Our readings today, particularly the Gospel and first reading, deal with marriage, with the union of man and woman on a number of levels; it is from these readings among others, that the Church receives her understanding of what marriage is all about, particularly as a Sacrament, and what Church teaching is based upon. The Gospel, for example, seems to deal specifically with the question of divorce, and how Jesus speaks on the permanence of marriage – the connection St. Mark makes in relating Jesus answer to the question of divorce and in the example of openness of little children to the Kingdom of God is easily recognizable and obvious in the connection between the sanctity of marriage and the family.

But as with every passage of Scripture, there is always a greater depth that we can explore – a better understanding that each of us can take from the Living Word of God that speaks to our hearts and minds and helps us better appreciate what Jesus tells us through the teachings of our Catholic faith. Today we have a culture of disposability; we are bombarded by the media and a popular cultural myth that the way to happiness and fulfilment is to do what you want, when you want; enter into relationships without worrying about permanence or commitment because if things don’t work out the way we want them, then we can just bail out or walk away. Our faith tells us that the Sacrament of Marriage is a lifetime commitment; the intent when we enter into it, is an intent to a lifetime commitment; a permanence; a covenant – that’s what the Church teaches; yet our culture of disposability questions that; even sometimes ridicules it as an outdated or old-fashioned unrealistic concept; and often many Catholics feel (for some reason that I personally can’t understand), that they somehow need to apologize for the Church’s teaching on marriage, a teaching which comes directly from Jesus Himself.
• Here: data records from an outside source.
impl<T: PartTable, B: Board<T>, D: ScriptDesk<OwnSession<T, B>>> ScriptState<T, B, D> {
    ghost use Rattle.lock_script.specs.Sessions.{IsThere, MayAct};

    /// Has the session that `command` names do what `command` says, and answers the command.
    pub fn answer<H: Wait>(&mut self, rt: &H, command: Command) -> Answer
        requires addressed { Addresses self.old.sessions command }
        requires counter { NamesCounter command }
        requires free { NamesFree self.old.names.objects command }
        ensures answered { Answers B.seat B.view B.stack D.again D.database_of D.entries
            (record { sessions = self.old.sessions; names = self.old.names })
            (record { sessions = self.new.sessions; names = self.new.names }) command result }
    {
        let other = self.other_of(&command);
        match action_of(command, other) {
            Action::Open(name, database) => self.open(rt, name, database),
            Action::Name(name, tag) => self.name_object(name, tag),
            Action::Close(caller) => self.close(rt, caller),
            Action::Lock(target, owner) => self.lock(rt, target, owner),
            Action::Make(caller, other, call) => self.call(rt, caller, other, call),
            Action::Owned(target) => self.owned(target),
            Action::Hash(tag) => Answer::Row(Row::Hash(tag)),
        }
    }

    /// The number of the other session that `command` names, or the first session number where `command`
    /// names no other one.
    fn other_of(&self, command: &Command) -> SessionId
        requires addressed { Addresses self.now.sessions command.now }
        ensures number { IsOtherOf B.seat self.now.sessions command.now result }
    {
        match command {
            Command::Blockers(_, other, _) => self.number_at(other.place),
            Command::Cancel(_, other) => self.number_at(other.place),
            _ => SessionId::default(),
        }
    }

    /// Opens a session of `database` under the name `name`.
    fn open<H: Wait>(&mut self, rt: &H, name: Name, database: u32) -> Answer
        ensures opened { Opens B.seat D.again D.database_of D.entries
            (record { sessions = self.old.sessions; names = self.old.names })
            (record { sessions = self.new.sessions; names = self.new.names }) name database result
            ⊎ OpensNone
            (record { sessions = self.old.sessions; names = self.old.names })
            (record { sessions = self.new.sessions; names = self.new.names }) name result }
    {
        match self.desk.open(rt, database) {
            Ok(opened) => {
                let session = opened.id();
                self.names.sessions.put(session, name);
                self.sessions.resting.put(name, opened);
                Answer::Said(name, Said::Opened { session, database })
            }
            Err(refusal) => Answer::Said(name, Said::Refused(refusal)),
        }
    }

    /// Gives the object `tag` the name `name`.
    fn name_object(&mut self, name: ObjectName, tag: Tag) -> Answer
        requires free { tag_called self.old.names.objects name.bytes ≡ None }
        requires unnamed { name_given self.old.names.objects tag ≡ None }
        ensures named { NamesObject self.old.names.objects self.new.names.objects name tag result }
        ensures names { self.new.names.sessions ≡ self.old.names.sessions }
        ensures sessions { self.new.sessions ≡ self.old.sessions }
        ensures desk { self.new.desk ≡ self.old.desk }
    {
        match self.names.objects.push(name, tag) {
            Ok(()) => Answer::Row(Row::Named(NamedObject { name, tag })),
            Err(_) => Answer::NoMemory,
        }
    }

    /// Closes the session `caller`. The session's name is free again, and its number is where the desk gives
    /// those of closed sessions out again.
    fn close<H: Wait>(&mut self, rt: &H, caller: Caller) -> Answer
        requires place { MayAct self.old.sessions caller.place }
        ensures closed { ClosesAt B.seat B.view B.stack self.old.sessions self.new.sessions caller result }
        ensures names { self.new.names ≡ self.old.names }
        ensures live { D.live self.new.desk + 1 ≡ D.live self.old.desk }
    {
        let Named { session, .. } = self.sessions.resting.take(caller.place);
        self.desk.close(rt, session);
        Answer::Said(caller.name, Said::Closed)
    }

    /// Has the session of `target` take its mode on its object for `owner`, or begin to wait for it.
    fn lock<H: Wait>(&mut self, rt: &H, target: Target, owner: Owner) -> Answer
        requires { MayAct self.old.sessions target.caller.place }
        ensures locked { AcquiresAt B.seat B.view B.stack self.old.sessions self.new.sessions target owner result
            ⊎ WaitsAt B.seat B.view B.stack self.old.sessions self.new.sessions target owner result }
        ensures names { self.new.names ≡ self.old.names }
    {
        let Named { name, session } = self.sessions.resting.take(target.caller.place);
        match begin(rt, session, target.tag, target.mode, owner) {
            Ok((session, said)) => {
                self.sessions.resting.put(name, session);
                Answer::Said(name, said)
            }
            Err(waiting) => {
                self.sessions.waiting.put(name, waiting);
                Answer::Said(name, Said::Waits)
            }
        }
    }

    /// Has the session `caller` make `call`, which is answered at once, and which may be about the session
    /// `other`.
    fn call<H: Wait>(&mut self, rt: &H, caller: Caller, other: Name, call: Call) -> Answer
        requires place { MayAct self.old.sessions caller.place }
        requires scripted { IsScripted call }
        ensures called { CallsAt B.seat B.view B.stack self.old.sessions self.new.sessions caller other call result }
        ensures names { self.new.names ≡ self.old.names }
    {
        let session = self.sessions.resting.session_mut(caller.place);
        make(rt, session, caller.name, other, &call)
    }

    /// How often each owner of the session of `target` has the object of `target` in its mode: the innermost
    /// level of the session's transaction, and the session itself.
    fn owned(&self, target: Target) -> Answer
        requires { MayAct self.now.sessions target.caller.place }
        ensures { OwnsAt B.seat B.view B.stack self.now.sessions self.now.sessions target result }
    {
        let session = &self.sessions.resting.at(target.caller.place).session;
        Answer::Said(
            target.caller.name,
            Said::Owned {
                of_transaction: session.owner_count(target.tag, target.mode, Owner::Transaction),
                of_session: session.owner_count(target.tag, target.mode, Owner::Session),
            },
        )
    }

    /// The picture of who waits for whom, by the `rows` of the lock table in a listing, as the session at
    /// `place` finds it; `pen` draws it.
    pub fn picture<H: Wait>(
        &mut self,
        rt: &H,
        place: usize,
        pen: Pen,
        rows: &[TableRow],
    ) -> Result<Picture, Refusal>
        requires { MayAct self.old.sessions place }
        ensures looked { LooksAroundAt B.seat B.view B.stack self.old.sessions self.new.sessions place }
        ensures names { self.new.names ≡ self.old.names }
    {
        let session = self.sessions.resting.session_mut(place);
        let mut picture = draw(rt, session, pen, rows)?;
        self.add_holds(&mut picture)?;
        Ok(picture)
    }

    /// Adds to `picture` what each session holds of the objects that are awaited in the picture. Refused
    /// where there is no memory for that.
    fn add_holds(&self, picture: &mut Picture) -> Result<(), Refusal> {
        match self.add_all_holds(picture) {
            Ok(()) => Ok(()),
            Err(_) => Err(Refusal::NoMemory),
        }
    }

    /// Adds to `picture` what `add_holds` does. The error is being out of memory.
    fn add_all_holds(&self, picture: &mut Picture) -> Result<(), AllocError> {
        for place in 0..self.sessions.resting.len() {
            let session = &self.sessions.resting.at(place).session;
            for queue in 0..picture.queues() {
                if let Some(tag) = picture.queue_at(queue) {
                    picture.add_hold(session.id(), tag, session.held(tag))?;
                }
            }
        }
        for place in 0..self.sessions.waiting.len() {
            let waiting = &self.sessions.waiting.at(place).session;
            for queue in 0..picture.queues() {
                if let Some(tag) = picture.queue_at(queue) {
                    picture.add_hold(waiting.id(), tag, waiting.held(tag))?;
                }
            }
        }
        Ok(())
    }

    /// The wait of the session at `place` among those that wait, with who is in its way, as the session says
    /// itself. Refused where there is no memory for the list.
    pub fn blocked<H: Wait>(&mut self, rt: &H, place: usize) -> Result<Blocked, Refusal>
        requires { place < length self.old.sessions.waiting }
        ensures told { IfOk result (TellsBlockedAt B.seat B.view B.stack self.old.sessions self.new.sessions place) }
        ensures as_many { length self.new.sessions.waiting ≡ length self.old.sessions.waiting }
        ensures names { self.new.names ≡ self.old.names }
    {
        let waiting = self.sessions.waiting.session_mut(place);
        tell_blocked(rt, waiting)
    }

    /// The wait queue that has the session at `place` among those that wait, as the session says itself.
    /// Refused where there is no memory for the list.
    fn queue_at<H: Wait>(&mut self, rt: &H, place: usize) -> Result<Vec<QueueRow>, Refusal>
        requires { place < length self.old.sessions.waiting }
        ensures as_many { length self.new.sessions.waiting ≡ length self.old.sessions.waiting }
        ensures names { self.new.names ≡ self.old.names }
    {
        let waiting = self.sessions.waiting.session_mut(place);
        waiting.queue(rt)
    }

    /// The picture of who waits for whom, as the sessions that wait say themselves; `pen` draws it. Refused
    /// where there is no memory for it.
    pub fn last_picture<H: Wait>(&mut self, rt: &H, pen: Pen) -> Result<Picture, Refusal>
        ensures names { self.new.names ≡ self.old.names }
    {
        let mut picture = Picture::new(pen);
        'waits: for place in 0..self.sessions.waiting.len() {
            let blocked = self.blocked(rt, place)?;
            if picture.add_blocked(&blocked).is_err() {
                return Err(Refusal::NoMemory);
            }
            if !picture.has_queue(blocked.tag) {
                let queue = self.queue_at(rt, place)?;
                if picture.add_queue(blocked.tag, queue.as_slice()).is_err() {
                    return Err(Refusal::NoMemory);
                }
            }
        }
        self.add_holds(&mut picture)?;
        Ok(picture)
    }

    /// The number of the session at `place`.
    fn number_at(&self, place: Place) -> SessionId
        requires { IsThere self.now.sessions place }
        ensures { IsNumberAt B.seat self.now.sessions place result }
    {
        match place {
            Place::Resting(place) => self.sessions.resting.at(place).session.id(),
            Place::Waiting(place) => self.sessions.waiting.at(place).session.id(),
        }
    }

    /// Polls the wait of the session at `place` among those that wait, and carries a cancel out that was
    /// asked for. Where the session goes on, the answer has its name and what it is answered.
    pub fn poll<H: Wait>(&mut self, rt: &H, place: usize) -> Option<(Name, Said)>
        requires { place < length self.old.sessions.waiting }
        ensures polled { PollsAt B.seat B.view B.stack self.old.sessions self.new.sessions place result }
        ensures names { self.new.names ≡ self.old.names }
        ensures waiting { length self.new.sessions.waiting + (if is_some result then 1 else 0)
            ≡ length self.old.sessions.waiting }
    {
        let Named { name, session } = self.sessions.waiting.take(place);
        match poll_wait(rt, session) {
            Ok((session, said)) => {
                self.sessions.resting.put(name, session);
                Some((name, said))
            }
            Err(waiting) => {
                self.sessions.waiting.put_at(place, name, waiting);
                None
            }
        }
    }

    /// Cancels the waits of the sessions that wait, and then closes all sessions, in the byte order of their
    /// names.
    pub fn close_all<H: Wait>(&mut self, rt: &H)
        ensures none_waits { self.new.sessions.waiting ≡ [] }
        ensures none_open { self.new.sessions.resting ≡ [] }
        ensures none_live { D.live self.new.desk ≡ 0 }
    {
        self.cancel_all(rt);
        'sessions: while let Some(first) = self.sessions.resting.take_first() {
            self.desk.close(rt, first.session);
        }
    }

    /// Cancels the waits of the sessions that wait.
    pub fn cancel_all<H: Wait>(&mut self, rt: &H)
        ensures none_waits { self.new.sessions.waiting ≡ [] }
    {
        'waits: while let Some(first) = self.sessions.waiting.take_first() {
            let Named { name, session } = first;
            let (session, _) = cancel(rt, session);
            self.sessions.resting.put(name, session);
        }
    }
}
The Pharisees in today’s Gospel passage ask Jesus about divorce based on a ‘permission’ that was handed down by Moses; they say to Jesus ‘Moses said a man could divorce his wife given certain conditions – what do you have to say about that?’ First off, they hold Moses as the great lawgiver, so they want to see if Jesus will contradict someone who handed down most of the laws on which their whole tradition is based; their question is not so much to understand really what Jesus teaches; their question is designed to ‘trip’ Jesus up – not so much a desire to honestly learn on their part, but to ridicule Jesus or discredit his teaching; to diminish his mission, and show that they know better. We see this time and again in the gospels; and we see it time and again in our society, even amongst Catholics who want Church teaching on faith and morals and the Sacraments to bend in their favour. This is the hardness of heart Jesus talks about.

The permission that the Pharisees speak of is from the book of Deuteronomy, in which Moses is trying to keep the children of Israel on track with God’s intent that they live righteous lives and remain pure and dedicated to him. But they live amongst numerous pagan cultures, cultures which embrace divorce as just another phase of relationships. The children of Israel, even after all that God has done for them, show their hardness of heart; they say to Moses ‘we want to be like everyone else…okay, granted God has given us alot; has blessed us abundantly, but that’s not enough…we want that and more, and we want it our way – just like everybody else.’ The truth is though, as God’s chosen people, they’re not like everybody else; but in order to diminish this demand to a lesser evil, and to give time for people to think before they act on a divorce, MOSES gives them permission, saying that they have to write up a writ or a legal document of divorce; and the grounds for this are ‘if the woman fails to find favour in her husband’s eyes’; the more conservative or orthodox groups interpret that as solely on the grounds of adultery – the more liberal groups, which were prevalent in Jesus time, interpret that to mean if she doesn’t please her husband for whatever reason, then he can divorce her.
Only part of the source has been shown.